To put some real world numbers behind this, I’ve taken 5 production database snapshots, each about a month apart. I’ll use tarsnap to backup these 5 database files when they’re gzipped, and then once again with uncompressed sql files. Each tarsnap run will be from scratch (so there’s no deduplication with existing data).
Here is my test data in compressed form.
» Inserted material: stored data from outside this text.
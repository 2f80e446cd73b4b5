// The headers, claimed.
ghost use Rattle.std.specs.Prelude.{◌≡◌, ◌+◌, ◌≤◌, length};
ghost use Rattle.ap_fields.specs.declared.sizes.TheConstants.{BLOCK};
ghost use Rattle.ap_claims.specs.Lists.{Makes};
ghost use Rattle.ap_mach.specs.declared.constants.TheConstants.{MOST_HEADERS};
ghost use Rattle.ap_mach.specs.Written.{IsProgram, mach_claims};

use crate::headers::mach_headers;
use ap_check::Load;
use ap_claims::{Block, Clash, MachView};
use ap_layout::Area;

/// Claims the Mach-O headers for `Owner::Mach` from `at` on, of a program that starts at `start` and whose loads have these areas
/// of the linked file.
///
/// `Clash` comes exactly where a byte of them is held with another value, and is the first such byte. Then nothing is claimed.
pub fn write_headers(
    block: &mut Block,
    at: usize,
    start: u64,
    loads: &[Load],
    areas: &[Area],
) -> Result<(), Clash>
    requires room { at + MOST_HEADERS ≤ BLOCK }
    requires program { IsProgram loads.now areas.now }
    ensures { Makes block.old block.new (mach_claims at start loads.now areas.now) result }
{
    let headers = mach_headers(start, loads, areas);
    MachView::new(block, at).put_bytes(0, &headers)
}
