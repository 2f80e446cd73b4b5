// The header and the commands of a file by its name: its first 32 bytes, and of each command the bytes of its fields, are read
// alone.
ghost use Rattle.std.specs.Prelude.{◌≡◌, ◌≤◌, take, IfOk};
ghost use Rattle.ap_files.specs.Reads.{HasSize, Reads};
ghost use Rattle.ap_mach.specs.Format.{parts_at};
ghost use Rattle.ap_mach.specs.Stages.{IsTaken, header_result};

use crate::check::refusal;
use crate::constants::{HEADER_SIZE, THREAD_SIZE};
use crate::fault::{MachCause, MachFault};
use crate::read::{header, parts};
use crate::rules::check_header;
use crate::types::{CommandParts, MachHeader};
use ap_files::{Failed, Files};

/// The header of a file by its name, where `size` is its length, or the first refusal of it. Its first 32 bytes are read, and
/// of a shorter file nothing.
///
/// `Failed`: a read failed.
pub fn header_in<F: Files>(
    files: &mut F,
    name: &str,
    size: u64,
) -> Result<Result<MachHeader, MachFault>, Failed>
    requires { HasSize (F.state files.old).kept name.now size }
    ensures read { Reads (F.state files.old) (F.state files.new) name.now
        (λ b h. h ≡ header_result b) result }
    ensures taken { IfOk result (λ r. IfOk r (λ h. IsTaken size h)) }
{
    if size < HEADER_SIZE as u64 {
        return Ok(Err(refusal(MachCause::Short, 0, size)));
    }
    let mut part = [0; HEADER_SIZE];
    files.read_at(name, 0, &mut part)?;
    let h = header(&part);
    if let Err(fault) = check_header(size, &h) {
        return Ok(Err(fault));
    }
    Ok(Ok(h))
}

/// The command at the place `at` of a file in which the commands end at `end`, with its fields, as far as these lie in the
/// commands. At most 184 bytes are read, and none behind the commands.
///
/// `Failed`: a read failed.
pub fn parts_in<F: Files>(
    files: &mut F,
    name: &str,
    size: u64,
    at: u64,
    end: u64,
) -> Result<CommandParts, Failed>
    requires size { HasSize (F.state files.old).kept name.now size }
    requires from { at ≤ end }
    requires end { end ≤ size }
    ensures read { Reads (F.state files.old) (F.state files.new) name.now
        (λ b found. found ≡ parts_at (take end b) at) result }
    ensures place { IfOk result (λ found. found.front.at ≡ at) }
{
    let mut room = [0; THREAD_SIZE];
    let count = (end - at).min(THREAD_SIZE as u64) as usize;
    files.read_at(name, at, &mut room[..count])?;
    Ok(parts(at, &room))
}
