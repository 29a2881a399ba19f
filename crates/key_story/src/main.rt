//! The story of a row: an index of all changes by their keys, and the line of each change of one key, in log order.
#![tactic(auto)]

use binlog_feed::{AtFault, Feed, FeedFault, OpenFeedFault, Start};
use binlog_frame::{FileLogs, Logs, OpenFault};
use binlog_json::{HistoryFault, KeyIndex, line};
use binlog_select::{Filter, Token};
use serde_json::{Category, Value};
use std::alloc::{AllocError, Global};
use std::env;
use std::io::ErrorKind;
use std::rt::Files;

/// Why the story isn't told to its end.
#[derive(Clone, Copy, Debug)]
enum Fault {
    /// The words aren't these.
    Wanted(&'static str),
    Open(OpenFault),
    Begin(OpenFeedFault),
    Read(HistoryFault),
    ReadAgain(AtFault),
    Print,
    OutOfMemory,
}

impl From<AllocError> for Fault {
    fn from(_: AllocError) -> Fault {
        Fault::OutOfMemory
    }
}

/// The key that a text spells, as an index has it: compact JSON.
fn compact_key(alloc: Global, text: &str) -> Result<String, Fault> {
    match Value::from_str(alloc, text) {
        Ok(key) => Ok(key.to_string(alloc)?),
        Err(error) => match error.classify() {
            Category::Memory => Err(Fault::OutOfMemory),
            _ => Err(Fault::Wanted("KEY as JSON")),
        },
    }
}

/// Opens files in the order of their paths.
fn open_files<R: Files + Clone + Drop>(
    rt: &R,
    alloc: Global,
    paths: &[&str],
) -> Result<FileLogs<R, R::File>, Fault> {
    FileLogs::open(rt, alloc, paths).map_err(Fault::Open)
}

/// An index of all changes that the feed has to come. The window becomes as long as the longest event.
fn fill_index<L: Logs>(alloc: Global, feed: &mut Feed<L>) -> Result<KeyIndex, Fault> {
    let mut index = KeyIndex::new(alloc);
    'filling: loop {
        match index.fill(feed) {
            Ok(()) => return Ok(index),
            Err(HistoryFault::Feed(FeedFault::WindowTooSmall { needed })) => {
                let larger = vec![in alloc; 0u8; needed as usize]?;
                let _smaller = feed.replace_window(larger);
            }
            Err(fault) => return Err(Fault::Read(fault)),
        }
    }
}

/// Prints the line of the change at each place.
fn print_changes<R: Print + AllocGlobal, L: Logs>(
    rt: &R,
    feed: &mut Feed<L>,
    places: &[Token],
) -> Result<(), Fault> {
    for place in places {
        let change = feed.change_at(place).map_err(Fault::ReadAgain)?;
        let text = line(rt.alloc(), &change)?;
        if println!(rt; "{text}").is_err() {
            return Err(Fault::Print);
        }
    }
    Ok(())
}

/// Prints the line of each change that the feed has to come, of the table, that has the key.
fn print_story<R: Print + AllocGlobal, L: Logs>(
    rt: &R,
    feed: &mut Feed<L>,
    schema: &str,
    table: &str,
    key: &str,
) -> Result<(), Fault> {
    let index = fill_index(rt.alloc(), feed)?;
    let places = index.places(schema, table, key)?;
    print_changes(rt, feed, places)
}

/// Prints the story of a row of the files. The feed's window has no room at first.
fn tell_story<R: Print + AllocGlobal, L: Logs + Drop>(
    rt: &R,
    logs: L,
    schema: &str,
    table: &str,
    key: &str,
) -> Result<(), Fault> {
    let window = Vec::new(rt.alloc());
    match Feed::open(rt.alloc(), logs, Filter::new(), Start::Beginning, window) {
        Ok(mut feed) => print_story(rt, &mut feed, schema, table, key),
        Err((fault, ..)) => Err(Fault::Begin(fault)),
    }
}

/// Prints the story of the row that the words name. The program's name is the first of the words.
fn answer<R: Files + Print + AllocGlobal + Clone + Drop>(
    rt: &R,
    words: &[String],
) -> Result<(), Fault> {
    let [_, schema, table, key, files @ ..] = words else {
        return Err(Fault::Wanted("SCHEMA TABLE KEY FILE.."));
    };
    let key = compact_key(rt.alloc(), key)?;
    let paths: Vec<&str> = files.iter().map(|file| file.as_str()).collect(rt.alloc())?;
    let logs = open_files(rt, rt.alloc(), &paths)?;
    tell_story(rt, logs, schema, table, &key)
}

/// The words of the command line, which must be UTF-8.
fn words_given(rt: &HostRuntime) -> Result<Vec<String>, Fault> {
    match env::args(rt) {
        Ok(words) => Ok(words.collect(rt.alloc())?),
        Err(error) => match error.kind() {
            ErrorKind::OutOfMemory => Err(Fault::OutOfMemory),
            _ => Err(Fault::Wanted("words in UTF-8")),
        },
    }
}

fn main(rt: HostRuntime) -> Result<(), Fault> {
    let words = words_given(&rt)?;
    answer(&rt, &words)
}
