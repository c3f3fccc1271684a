// A place in card memory. Block and cell are counted apart, so that neither is taken for the other
// nor for an address; this file alone makes a word address of them.
ghost use Rattle.std.specs.Prelude.{◌≡◌};
ghost use Rattle.card.specs.Memory.{word_address};

#[derive(Clone, Copy, PartialEq, Eq)]
pub struct Block(pub u16);

#[derive(Clone, Copy, PartialEq, Eq)]
pub struct Cell(pub u16);

pub const BLOCK_CELLS: usize = 64;

// Cells 0 to 31 hold data words.
pub const DATA_CELLS: u16 = 32;

pub const CARD_BLOCKS: u16 = 256;

pub const CARD_WORDS: usize = 16384;

// Word address = 64 × block + cell.
pub fn word_address(block: Block, cell: Cell) -> usize
    ensures { result ≡ word_address block cell }
{
    BLOCK_CELLS * usize::from(block.0) + usize::from(cell.0)
}
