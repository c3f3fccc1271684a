// The state word of cell 58: 15 line, 14 fault, 13 broadcast, 12 second command taken, 11 busy,
// 10 to 8 fault code, 5 to 0 data words stored or held by the reply given.
ghost use Rattle.std.specs.Prelude.{◌≡◌};
ghost use Rattle.card.specs.StateWord.{state_word};

// A state word by what its bits say.
#[derive(Clone, Copy)]
pub struct State {
    // line B
    pub line: bool,
    pub fault: bool,
    pub broadcast: bool,
    pub second: bool,
    pub busy: bool,
    // any number, since a caller may hand in any
    pub code: u16,
    pub words: u16,
}

impl State {
    // The code has three bits and the words have six.
    #[tactic(auto, unfolding(crate::specs::StateWord::state_word))]
    pub fn word(self) -> u16
        ensures { result ≡ state_word self }
    {
        bits::weigh(self.line, 32768)
            + bits::weigh(self.fault, 16384)
            + bits::weigh(self.broadcast, 8192)
            + bits::weigh(self.second, 4096)
            + bits::weigh(self.busy, 2048)
            + self.code % 8 * 256
            + self.words % 64
    }
}
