// What is lent the sixty-four cells of one block alone, and so can write to no other. The cells are
// a memory of one block, number 0.
ghost use Rattle.std.specs.Prelude.{◌≡◌};
ghost use Rattle.card.specs.Memory.{the_block, with_cell, with_service};

use crate::place::{BLOCK_CELLS, Cell};

// Stores a word in a cell. A cell past the block's, or past what was lent, is not there.
#[tactic(auto, unfolding(crate::specs::Memory::with_cell))]
pub fn store(cells: &mut [u16], cell: Cell, word: u16)
    ensures { cells.new ≡ with_cell cells.old (the_block 0) cell word }
{
    let at = usize::from(cell.0);
    // by index, since of what a slice's `get_mut` lends a proof knows the length alone
    if at < BLOCK_CELLS && at < cells.len() {
        cells[at] = word;
    }
}

// Writes the service cells 58 to 61: state word, closing time by halves, ticks.
#[tactic(auto, unfolding(crate::specs::Memory::with_service))]
pub fn write_service(cells: &mut [u16], state: u16, closing: u32, ticks: u16)
    ensures { cells.new ≡ with_service cells.old (the_block 0) state closing ticks }
{
    store(cells, Cell(58), state);
    store(cells, Cell(59), (closing / 65536) as u16);
    store(cells, Cell(60), (closing % 65536) as u16);
    store(cells, Cell(61), ticks);
}
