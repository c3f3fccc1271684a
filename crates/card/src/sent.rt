// The words to send: the part of the RAM that starts at their block's cell 0, 32 at the most.
// `part` is the one function of every such part; these two name the number, as their
// definitions do.
ghost use Rattle.std.specs.Prelude.{◌≡◌, length};
ghost use Rattle.card.specs.Sent.{sent_refusal, sent_part};
ghost use Rattle.refusals.specs.Number.{refusal_in};

use crate::part;
use crate::place::{Block, DATA_CELLS};
use refusals::Refusal;

// The part's refusal on a card of so many blocks, none where it is shown.
pub fn refusal(ram: &[u16], blocks: u16, block: Block, count: u16) -> Option<Refusal>
    ensures { refusal_in result
        ≡ sent_refusal blocks (length ram.now) block count }
{
    part::refusal(ram, blocks, DATA_CELLS, block, count)
}

// The part itself, empty where it is refused.
pub fn part(ram: &[u16], blocks: u16, block: Block, count: u16) -> &[u16]
    ensures { result.now ≡ sent_part blocks ram.now block count }
{
    part::shown(ram, blocks, DATA_CELLS, block, count)
}
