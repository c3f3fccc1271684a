// Ticks from one stamp to another. Stamps have 32 bits and go over the top.
ghost use Rattle.std.specs.Prelude.{◌≡◌};
ghost use Rattle.card.specs.Time.{ticks_of};

// The elapsed ticks of cell 61: 65,535 if more.
pub fn ticks(opening: u32, closing: u32) -> u16
    ensures { result ≡ ticks_of opening closing }
{
    closing.wrapping_sub(opening).min(65535) as u16
}
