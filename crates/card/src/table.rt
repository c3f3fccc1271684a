// A table word, in the table or as a link in cell 63: bit 15 busy, bit 14 queue wanted, bits 9 to 0
// block. Its other bits are kept and mean nothing.
ghost use Rattle.std.specs.Prelude.{◌≡◌};
ghost use Rattle.card.specs.TableWord.{is_busy, wants_queue, block_of};

use crate::place::{Block, CARD_BLOCKS};

pub fn is_busy(word: u16) -> bool
    ensures { result ≡ is_busy word }
{
    word / 32768 % 2 == 1
}

pub fn wants_queue(word: u16) -> bool
    ensures { result ≡ wants_queue word }
{
    word / 16384 % 2 == 1
}

// The block that the word names, taken modulo 256.
pub fn block_of(word: u16) -> Block
    ensures { result ≡ block_of word }
{
    Block(word % 1024 % CARD_BLOCKS)
}
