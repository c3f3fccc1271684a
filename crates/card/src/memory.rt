// Cells of the whole card. To write one, the part of the RAM from 64 × block is lent on, as far as
// the RAM has it: a cell past the RAM's end is read as 0, and a store to it changes nothing.
ghost use Rattle.std.specs.Prelude.{◌≡◌};
ghost use Rattle.card.specs.Memory.{cell_at, with_cell, with_service, with_link};
ghost use Rattle.card.specs.Lent.{LentCells};

use crate::place::{BLOCK_CELLS, Block, Cell};
use crate::{block, place};
use std::ops::Range;

#[tactic(auto, unfolding(crate::specs::Memory::cell_at))]
pub fn read_cell(ram: &[u16], block: Block, cell: Cell) -> u16
    ensures { result ≡ cell_at ram.now block cell }
{
    let address = place::word_address(block, cell);
    // by a test: with `get(..).copied().unwrap_or(0)`, and `min` for the test in `cells_of`, a run
    // of mode commands took 3 % longer
    if address < ram.len() { ram[address] } else { 0 }
}

// Where a block's cells lie, as far as the RAM has them.
fn cells_of(ram: &[u16], block: Block) -> Range<usize>
    ensures { LentCells ram.now block result }
{
    let start = place::word_address(block, Cell(0));
    if ram.len() <= start {
        return ram.len()..ram.len();
    }
    start..(start + BLOCK_CELLS).min(ram.len())
}

#[tactic(auto, using(crate::proofs::LentBlock::lent_cell))]
pub fn write_cell(ram: &mut [u16], block: Block, cell: Cell, word: u16)
    ensures { ram.new ≡ with_cell ram.old block cell word }
{
    let lent = cells_of(ram, block);
    block::store(&mut ram[lent.start..lent.end], cell, word);
}

#[tactic(auto, using(crate::proofs::LentBlock::lent_service))]
pub fn write_service(ram: &mut [u16], block: Block, state: u16, closing: u32, ticks: u16)
    ensures { ram.new ≡ with_service ram.old block state closing ticks }
{
    let lent = cells_of(ram, block);
    block::write_service(&mut ram[lent.start..lent.end], state, closing, ticks);
}

// Reads a block's cell 63 into a cell of the table: the chain goes on.
#[tactic(auto, unfolding(crate::specs::Memory::with_link))]
pub fn write_link(ram: &mut [u16], block: Block, table: Block, cell: Cell)
    ensures { ram.new ≡ with_link ram.old block table cell }
{
    let link = read_cell(ram, block, Cell(63));
    write_cell(ram, table, cell, link);
}
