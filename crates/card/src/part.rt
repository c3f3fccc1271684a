// A part of the RAM that is shown: words of a block from its cell 0 on.
ghost use Rattle.std.specs.Prelude.{◌≡◌, length};
ghost use Rattle.refusals.specs.Number.{refusal_in};
ghost use Rattle.card.specs.Part.{part_refusal, shown_part};

use crate::place;
use crate::place::{BLOCK_CELLS, Block, Cell};
use refusals::Refusal;

// The part's refusal where the RAM has so many blocks and a part so many words at the most, none
// where it is shown.
#[tactic(auto, unfolding(crate::specs::Part::part_refusal))]
pub fn refusal(ram: &[u16], blocks: u16, most: u16, block: Block, count: u16) -> Option<Refusal>
    ensures { refusal_in result
        ≡ part_refusal blocks most (length ram.now) block count }
{
    if ram.len() != BLOCK_CELLS * usize::from(blocks) {
        Some(Refusal::Memory)
    } else if block.0 < blocks && 1 <= count && count <= most && usize::from(count) <= BLOCK_CELLS {
        None
    } else {
        Some(Refusal::Value)
    }
}

// The part itself, empty where it is refused.
pub fn shown(ram: &[u16], blocks: u16, most: u16, block: Block, count: u16) -> &[u16]
    ensures { result.now ≡ shown_part blocks most ram.now block count }
{
    if refusal(ram, blocks, most, block, count).is_some() {
        return &[];
    }
    let start = place::word_address(block, Cell(0));
    &ram[start..start + usize::from(count)]
}
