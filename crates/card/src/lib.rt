// Card memory: 16,384 words in 256 blocks of 64 cells. Read `place` first: it says where a cell
// lies. `block` is lent one block's cells alone and `memory` does the lending; `table`, `state` and
// `time` make and read what stands in the cells; `host` is the way in, `part` shows words of a
// block, and `sent` those to send.
#![tactic(auto)]

pub mod block;
pub mod host;
pub mod memory;
pub mod part;
pub mod place;
pub mod sent;
pub mod state;
pub mod table;
pub mod time;
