// The host's write of words to card memory.
ghost use Rattle.std.specs.Prelude.{◌≡◌};
ghost use Rattle.std.proofs.lemmas.List.Edits.{sets};
ghost use Rattle.refusals.specs.Number.{refused};
ghost use Rattle.card.specs.Host.{wrote, is_write, host_write};

use crate::place::BLOCK_CELLS;
use refusals::Refusal;

// The words of a write, at most.
pub const MOST_WRITTEN: usize = 64;

// Stores the words from an address on, as far as memory goes.
#[tactic(auto, using(crate::proofs::HostLaws::copied))]
pub fn write_words(ram: &mut [u16], address: u16, words: &[u16])
    ensures { ram.new ≡ sets ram.old address words.now }
{
    let first = usize::from(address).min(ram.len());
    let count = words.len().min(ram.len() - first);
    ram[first..first + count].copy_from_slice(&words[..count]);
}

// Whether so many words from an address on are a write, on a card of so many blocks.
pub fn is_write(blocks: u16, address: u16, count: usize) -> bool
    ensures { result ≡ is_write blocks address count }
{
    1 <= count
        && count <= MOST_WRITTEN
        && usize::from(address) + count <= BLOCK_CELLS * usize::from(blocks)
}

// Writes 1 to 64 words from an address on, on a card of so many blocks.
#[tactic(auto, unfolding(crate::specs::Host::host_write))]
pub fn write(ram: &mut [u16], blocks: u16, address: u16, words: &[u16]) -> Result<(), Refusal>
    ensures { wrote (refused result) ram.new
        ≡ host_write blocks ram.old address words.now }
{
    if ram.len() != BLOCK_CELLS * usize::from(blocks) {
        return Err(Refusal::Memory);
    }
    if !is_write(blocks, address, words.len()) {
        return Err(Refusal::Value);
    }
    write_words(ram, address, words);
    Ok(())
}
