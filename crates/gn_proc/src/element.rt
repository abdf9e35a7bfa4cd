// The value of a field at one element.
ghost use Rattle.std.specs.Prelude.{◌≡◌, ◌<◌, length, IfOk};
ghost use Rattle.gn_value.specs.Values.{kind_of};
ghost use Rattle.gn_plain.specs.Contexts.{length_of};
ghost use Rattle.gn_plain.specs.Fields as plain;
ghost use Rattle.gn_plain.specs.Fields.{kind_of_field};
ghost use Rattle.gn_field.specs.Steps.{built, named};
ghost use Rattle.gn_wholes.specs.Covers.{AreRunnable};

use gn_field::{Context, Field, FieldStep, Source};
use gn_fill::value_at;
use gn_memory::Memory;
use gn_schedule::plan_of;
use gn_slots::run_roots;
use gn_value::Value;
use gn_wholes::wholes_in;
use std::alloc::Global;

/// The value of a step at an element of a context.
fn step_at<S: Source, C: Context + Drop>(
    alloc: Global,
    steps: &[FieldStep<S>],
    step: u32,
    context: &C,
    element: u32,
) -> Result<Value, Memory>
    requires steps { AreRunnable S.sources S.taken steps.now }
    requires within { step < length steps.now }
    requires element { element < length_of (C.meaning context.now) }
    ensures value { IfOk result (λ value. value ≡ plain.at S.sources (named (built steps.now) step) (C.meaning context.now) element) }
    ensures kind { IfOk result (λ value. kind_of value ≡ kind_of_field S.sources (named (built steps.now) step)) }
{
    let roots = [step];
    let elements = [element];
    let wholes = wholes_in(alloc, steps, &roots, context)?;
    let plan = plan_of(alloc, steps, &roots)?;
    let registers = run_roots(alloc, steps, &plan, context, &wholes, &elements)?;
    Ok(value_at(&registers[0], 0))
}

/// The value of a field at an element of a context.
///
/// The values of what the field reads elsewhere are made for this call, so many elements are better
/// read by one run of a tape.
pub fn at<S: Source, C: Context + Drop>(
    alloc: Global,
    field: &Field<S>,
    context: &C,
    element: u32,
) -> Result<Value, Memory>
    requires { element < length_of (C.meaning context.now) }
    ensures value { IfOk result (λ value. value ≡ plain.at S.sources field.now (C.meaning context.now) element) }
    ensures kind { IfOk result (λ value. kind_of value ≡ kind_of_field S.sources field.now) }
{
    let steps = field.steps();
    let last = (steps.len() - 1) as u32;
    step_at(alloc, steps, last, context, element)
}
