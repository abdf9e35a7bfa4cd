use gn_check::GoodTree;
use gn_memory::Memory;
use gn_read::read_tree;
use gn_table::{Constant, Part, Read, Site, Table, Tables, kind_number, tables_of};
use std::alloc::{AllocError, Global};
use std::process::Abort;
use std::test::Fail;

/// A tree, and the tables of its lists: its own, and then those of its groups.
struct Case {
    tree: &'static str,
    tables: &'static str,
}

fn made(alloc: Global, tree: &GoodTree) -> Result<Tables<'_>, Memory> {
    tables_of(alloc, tree.tree())
}

fn put_constant(text: &mut String, constant: Constant) -> Result<(), AllocError> {
    match constant {
        Constant::Value(_) => text.push_str(" value"),
        Constant::Position => text.push_str(" position"),
        Constant::Index => text.push_str(" index"),
        Constant::Id => text.push_str(" id"),
        Constant::NoGeometry => text.push_str(" none"),
    }
}

fn put_read(text: &mut String, read: Read) -> Result<(), AllocError> {
    match read.site {
        Site::Output { node, socket } => write!(text, " {node}.{socket}")?,
        Site::Entry { number } => write!(text, " in{number}")?,
        Site::Constant { constant } => put_constant(text, constant)?,
        Site::Nowhere => text.push_str(" nowhere")?,
    }
    if let Some(kind) = read.conversion {
        write!(text, ">{}", kind_number(kind))?;
    }
    Ok(())
}

fn put_reads(text: &mut String, reads: &[Read]) -> Result<(), AllocError> {
    for read in reads {
        put_read(text, *read)?;
    }
    text.push_str("; ")
}

fn put_part(text: &mut String, part: Part) -> Result<(), AllocError> {
    match part {
        Part::Run { outputs } => write!(text, "run {outputs}:"),
        Part::Group { number } => write!(text, "group {number}:"),
    }
}

fn put_table(text: &mut String, table: &Table<'_>) -> Result<(), AllocError> {
    for row in &table.rows {
        put_part(text, row.part)?;
        put_reads(text, &row.reads)?;
    }
    text.push_str("order")?;
    for node in &table.order {
        write!(text, " {node}")?;
    }
    text.push_str("; out")?;
    put_reads(text, &table.given)
}

fn written(alloc: Global, tables: &Tables<'_>) -> Result<String, AllocError> {
    let mut text = String::new(alloc);
    put_table(&mut text, &tables.tree)?;
    for table in &tables.groups {
        text.push_str("| ")?;
        put_table(&mut text, table)?;
    }
    Ok(text)
}

fn expect(rt: &impl Abort, alloc: Global, case: &Case) -> Result<(), Fail> {
    match read_tree(alloc, case.tree.as_bytes()) {
        Ok(tree) => {
            let tables = made(alloc, &tree)?;
            let text = written(alloc, &tables)?;
            assert_eq!(rt; text.as_str(), case.tables, "{}", case.tree);
        }
        Err(_) => assert!(rt; false, "{}", case.tree),
    }
    Ok(())
}

/// Each is worked out by hand: kinds have the numbers of truth, int, fixed, vector in turn.
static CASES: [Case; 4] = [
    Case {
        tree: r#"{"format":1,"nodes":[]}"#,
        tables: "order; out none; ",
    },
    Case {
        tree: r#"{"format":1,"nodes":[{"id":"b","kind":"math","set":{"op":"add"},"in":{"a":{"from":"a","socket":"value"}}},{"id":"a","kind":"integer","set":{"value":1}}]}"#,
        tables: "run 1: 1.0>2 value; run 1:; order 1 0; out none; ",
    },
    Case {
        tree: r#"{"format":1,"groups":[{"name":"in","inputs":[{"name":"shape","kind":"geometry"},{"name":"amount","kind":"fixed"}],"outputs":[{"name":"made","kind":"geometry"}],"nodes":[{"id":"s","kind":"set_position","in":{"geometry":{"from":"input","socket":"shape"},"offset":{"from":"input","socket":"amount"}}}],"output":{"made":{"from":"s","socket":"geometry"}}},{"name":"out","inputs":[{"name":"shape","kind":"geometry"},{"name":"amount","kind":"int"}],"outputs":[{"name":"spare","kind":"geometry"},{"name":"made","kind":"geometry"}],"nodes":[{"id":"n","kind":"group","set":{"group":"in"},"in":{"shape":{"from":"input","socket":"shape"},"amount":{"from":"input","socket":"amount"}}}],"output":{"made":{"from":"n","socket":"made"}}}],"nodes":[{"id":"h","kind":"group","set":{"group":"out"},"in":{"shape":{"from":"g","socket":"made"}}},{"id":"g","kind":"group","set":{"group":"out"},"in":{"shape":{"from":"input","socket":"geometry"},"amount":3}}],"output":{"from":"h","socket":"made"}}"#,
        tables: "group 1: 1.1 value; group 1: in0 value; order 1 0; out 0.1; | run 1: in0 value position in1>3; order 0; out 0.0; | group 0: in0 in1>2; order 0; out none 0.0; ",
    },
    Case {
        tree: r#"{"format":1,"nodes":[{"id":"r","kind":"repeat","set":{"items":[{"name":"x","kind":"fixed"},{"name":"g","kind":"geometry"}],"nodes":[],"output":{"x":{"from":"input","socket":"x"}}},"in":{"iterations":4,"g":{"from":"input","socket":"geometry"}}},{"id":"j","kind":"join_geometry","in":{"geometry":[{"from":"r","socket":"g"},{"from":"input","socket":"geometry"},{"from":"r","socket":"g"}]}}],"output":{"from":"j","socket":"geometry"}}"#,
        tables: "run 2: value value in0; run 1: 0.1 in0 0.1; order 0 1; out 1.0; ",
    },
];

#[test]
fn lists_become_the_tables_that_are_worked_out(rt: HostRuntime) -> Result<(), Fail> {
    for case in &CASES {
        expect(&rt, rt.alloc(), case)?;
    }
    Ok(())
}
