//! Tests of the kinds of nodes, of the tables of lists and of the graphs of trees, each by its public calls.
//!
//! They are in a crate of their own, since a crate with tests is proved once more for them. The crate promises
//! nothing of its own.
#![tactic(auto)]

#[cfg(test)]
mod kinds;
#[cfg(test)]
mod laws;
#[cfg(test)]
mod lower;
#[cfg(test)]
mod order;
#[cfg(test)]
mod tables;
Note that ls -h and du -h use powers of 2 while tarsnap –humanize-numbers uses powers of 10.
drue@nest:~/test_dedup$ ls -lh compressed/
total 1617856
-rw-r----- 1 drue drue 145M Mar 17 2010 2010-03-18-00:34:19.sql.gz
-rw-r----- 1 drue drue 146M Apr 9 2010 2010-04-09-19:31:39.sql.gz
-rw-r----- 1 drue drue 162M May 11 20:28 2010-05-12-01:23:16.sql.gz
-rw-r----- 1 drue drue 163M Jun 24 20:34 2010-06-25-01:30:09.sql.gz
-rw-r----- 1 drue drue 173M Jul 15 20:17 2010-07-16-01:13:04.sql.gz
drue@nest:~/test_dedup$ du -hs compressed/
790M compressed/
And here is my test data uncompressed.
drue@nest:~/test_dedup$ ls -lh uncompressed/
total 28344832
-rw-r----- 1 drue drue 2.4G Oct 20 10:49 2010-03-18-00:34:19.sql
-rw-r----- 1 drue drue 2.4G Oct 20 10:49 2010-04-09-19:31:39.sql
-rw-r----- 1 drue drue 2.8G Oct 20 10:48 2010-05-12-01:23:16.sql
-rw-r----- 1 drue drue 2.8G Oct 20 10:48 2010-06-25-01:30:09.sql
-rw-r----- 1 drue drue 3.0G Oct 20 10:48 2010-07-16-01:13:04.sql
drue@nest:~/test_dedup$ du -hs uncompressed/
14G uncompressed/
This is the tarsnap commands (anonymized) that I will run against each directory.
tarsnap-keygen --keyfile key --user [email protected] --machine test
tarsnap --cachedir cache --keyfile key --print-stats --humanize-numbers -c -f test compressed/
tarsnap --keyfile key --nuke
tarsnap-keygen --keyfile key --user [email protected] --machine test
tarsnap --cachedir cache --keyfile key --print-stats --humanize-numbers -c -f test uncompressed/
tarsnap --keyfile key --nuke
Here are the results:
drue@nest:~/test_dedup$ tarsnap --cachedir cache --keyfile key --print-stats --humanize-numbers -c -f test compressed/
Directory cache created for "--cachedir cache"
Total size Compressed size
All archives 828 MB 796 MB
(unique data) 828 MB 796 MB
This archive 828 MB 796 MB
New data 828 MB 796 MB
drue@nest:~/test_dedup$ tarsnap --cachedir cache --keyfile key --print-stats --humanize-numbers -c -f test uncompressed/
Total size Compressed size
All archives 14 GB 1.0 GB
(unique data) 4.8 GB 358 MB
This archive 14 GB 1.0 GB
New data 4.8 GB 358 MB
After deduplication the compressed files are only reduced marginally, while the uncompressed source files take heavy advantage of deduplication. If we reran the test with more files, the results would be even more dramatic.
Given that it is a requirement for users and administrators to be able to compress files, what can be done about this inefficiency? Are there any compression algorithms that address this dilemma?